Diurnal cycle of precipitation over the tropics and central U.S.

Submitter:

Xie, Shaocheng — Lawrence Livermore National Laboratory
Tao, Cheng — Lawrence Livermore National Laboratory

Area of research:

General Circulation and Single Column Models/Parameterizations

Journal Reference:

Tao C, S Xie, H Ma, P Bechtold, Z Cui, P Vaillancourt, K Van Weverberg, Y Wang, M Wong, J Yang, G Zhang, I Choi, S Tang, J Wei, W Wu, M Zhang, J Neelin, and X Zeng. 2024. "Diurnal cycle of precipitation over the tropics and central United States: intercomparison of general circulation models." Quarterly Journal of the Royal Meteorological Society, 150(759), 10.1002/qj.4629.

Science

U.S. Department of Energy scientists and collaborators at Lawrence Livermore National Laboratory evaluated the performance of a number of general circulation models (GCMs) in simulating the diurnal cycle of precipitation (DCP) in both climate (atmosphere-only) mode and short-term (5-day) weather hindcast mode. Particularly, this study emphasized the central U.S. and central Amazon where long-term Atmospheric Radiation Measurement user facility observations and enhanced field campaign operations are available.

Impact

Most models had problems capturing the observed DCP, which is a persistent and well-known problem in GCMs. By applying an hierarchical modeling framework that includes both climate simulation and short-term weather hindcasts, this study provided additional insights into model errors including model physics, basic-state biases, missing convective-environmental interactions, the impact of model resolution, etc.

Summary

Models with a revised convection trigger that allows air parcels to be lifted above the boundary layer exhibit much better simulation of nocturnal rainfall that is often associated with the propagation of mesoscale systems, consistent with previous studies. The model bias of “too weak” rainfall intensity of DCP in climate simulations is improved in weather hindcasts over the central U.S. This study also shows that including convective memory in cumulus parameterizations reduces the model bias of too frequent light-to-moderate rain decreases but also weakens the diurnal variability.

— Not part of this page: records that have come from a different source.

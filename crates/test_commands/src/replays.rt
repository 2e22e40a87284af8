//! `replay`, over paths and sinks in memory.
use crate::carried::{File, Files, Outcome, Unread, carry, has_told, is_cut};
use crate::choices::REPLAYED;
use pb_base::Ts;
use pb_texts::{Options, ReplayFiles};
use std::alloc::Global;
use std::rt::HostRuntime;
use test_fixtures::Unready;

// A replay of these files with the last timestamp given out, whose output takes so many bytes, and then fails or takes none.
fn replay(
    rt: &HostRuntime,
    files: Files,
    clock: u64,
    left: usize,
    fails: bool,
) -> Result<Outcome, Unready> {
    let mut files = files;
    let options = Options::Replay(ReplayFiles {
        manifest: "m",
        script: "s",
        schedule: "e",
        clock: Ts(clock),
    });
    carry(rt, &options, &mut files, left, fails)
}

#[test]
fn memory_for_a_schedule_is_refused(rt: HostRuntime) {
    let bad: File = Ok(b"\xff");
    let files = Files {
        alloc: rt.alloc(),
        manifest: bad,
        script: bad,
        schedule: Err(Unread::NoMemory),
    };
    let outcome = replay(&rt, files, 0, usize::MAX, true);
    assert!(rt; has_told(outcome, "no memory\n"));
}

// Each replay whose output ends at some call prints a beginning of its report, and reports that.
#[test]
fn output_of_a_replay_may_fail(rt: HostRuntime) {
    for case in REPLAYED {
        let report = case.report.as_bytes();
        for j in 0..report.len() {
            for fails in [true, false] {
                let files = case.files(rt.alloc());
                let outcome = replay(&rt, files, case.clock, j, fails);
                let schedule = case.schedule;
                assert!(rt; is_cut(outcome, j, report), "{j} {fails} {schedule}");
            }
        }
    }
}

Figure 1. The composite mean diurnal cycle of precipitation (mm/day) for (a) climate runs (June-August, 2011-2018) and (b) hindcast runs (June 01-July 15, 2015). Results from the 5-day hindcasts are averaged over Day 2 to Day 5 hindcast lead time. Domain-mean precipitation from merged radar-gauge products that is available from the ARM continuous forcing data set and the VARANAL value-added product for the Plains Elevated Convection at Night (PECAN) field campaign are used in (a) and (b), respectively. From journal.